▶ [DATA PROVIDED]:

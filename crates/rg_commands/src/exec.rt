//! `exec FILE [--steps N] [--every N] [--report]`: runs a module that programs raise.

ghost use Rattle.std.specs.Prelude.{◌≡◌, ◌≤◌, ◌++◌, ◌∷◌, [], false};
ghost use Rattle.rg_io.specs.Content.{Rose};
ghost use Rattle.rg_run.specs.Machine.{IsFresh};
ghost use Rattle.rg_words.specs.Commands.{exec};
ghost use Rattle.rg_commands.specs.Setting.{IsUnused, IsLent, SlidesTo, DoesCommandIn};
ghost use Rattle.rg_commands.specs.Setting.{ReportedIn, CausedIn};
ghost use Rattle.rg_commands.specs.Tallies.{TunedTo, SayYesOf};

use crate::setting::Setting;
use rg_io::{Files, Sink, Source};
use rg_pace::Pacer;
use rg_sources::module_in;
use rg_words::{RunOptions, Status};

impl<O: Sink, R: Sink> Setting<'_, O, R> {
    /// Reads a module, and runs it where a program raises it.
    pub(crate) fn answer_module<F: Files, I: Source>(
        &mut self,
        file: &str,
        options: RunOptions,
        files: &mut F,
        input: &mut I,
        count: &mut dyn Pacer,
        trace: &mut dyn Pacer,
    ) -> Status
        requires { IsUnused self.old }
        ensures settles { DoesCommandIn O.taken (F.told files.old)
            (exec file.now options.steps options.every options.report)
            (I.left input.old) result self.old self.new (input.new ≡ input.old)
            (tally count.old) (tally count.new) (tally trace.old) (tally trace.new) }
        ensures begun { F.begun files.new ≡ F.begun files.old ++ file.now ∷ [] }
        ensures notes { ReportedIn R.taken options.report result self.old self.new }
        ensures tuned { ¬ IsFresh self.new.machine.now →
            TunedTo options.every (tally count.new) (tally trace.new) }
        ensures yeses { SayYesOf self.new.machine.now
            (tally count.old) (tally count.new) (tally trace.old) (tally trace.new) }
        ensures source_fault { result ≡ Status.SourceFault →
            Rose (F.faults files.old) (F.faults files.new) }
        ensures files_never_fall { F.faults files.old ≤ F.faults files.new }
        ensures caused { CausedIn O.faults R.faults result (I.faults input.old) (I.faults input.new)
            self.old self.new }
        ensures kept { IsLent self.old self.new × SlidesTo false self.new }
    {
        match module_in(self.alloc, file, files) {
            Err(status) => status,
            Ok(accepted) => self.run_accepted(&accepted, options, input, count, trace),
        }
    }
}
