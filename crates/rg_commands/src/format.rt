//! `fmt FILE`: writes the canonical text of a program.

ghost use Rattle.std.specs.Prelude.{ℕ, List, Option};
ghost use Rattle.rg_tree.specs.Rows.RowTrees.{program_of};
ghost use Rattle.rg_run.specs.Machine.{IsFresh, Kept};
ghost use Rattle.rg_words.specs.Commands.{fmt};
ghost use Rattle.rg_words.specs.Answers.{CausedByOutput};
ghost use Rattle.rg_sources.specs.Sources.{Sources, spelt, Means};
ghost use Rattle.rg_commands.specs.Settled.{Settles};

use rg_io::{Sink, put_all};
use rg_print::{canon_parses_back, text};
use rg_tree::Program;
use rg_words::Status;
use std::alloc::Global;

/// Gives the canonical text of a program to the output.
pub(crate) fn format_program<O: Sink>(alloc: Global, program: &Program, out: &mut O) -> Status
    ensures settles { (file : List ℕ) (source : Sources) (left : Option (List ℕ)) (m : Kept) →
        Means source.file (spelt (program_of program.now)) → IsFresh m →
        Settles (fmt file) source left result
        (O.taken out.old) (O.taken out.new) m (Unit {0}) }
    ensures caused { CausedByOutput result (O.faults out.old) (O.faults out.new) }
{
    canon_parses_back();
    match text(alloc, program) {
        Err(_) => Status::Memory,
        Ok(canonical) => match put_all(out, canonical.bytes()) {
            Ok(()) => Status::Done,
            Err(_) => Status::OutputFault,
        },
    }
}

▶ [TASK TO CARRY OUT]:
In the entries, find every line holding "CausedIn" and copy it.

▶ [RESPONSE TO THE TASK]:
ghost use Rattle.rg_commands.specs.Setting.{ReportedIn, CausedIn};
        ensures caused { CausedIn O.faults R.faults result (I.faults input.old) (I.faults input.new)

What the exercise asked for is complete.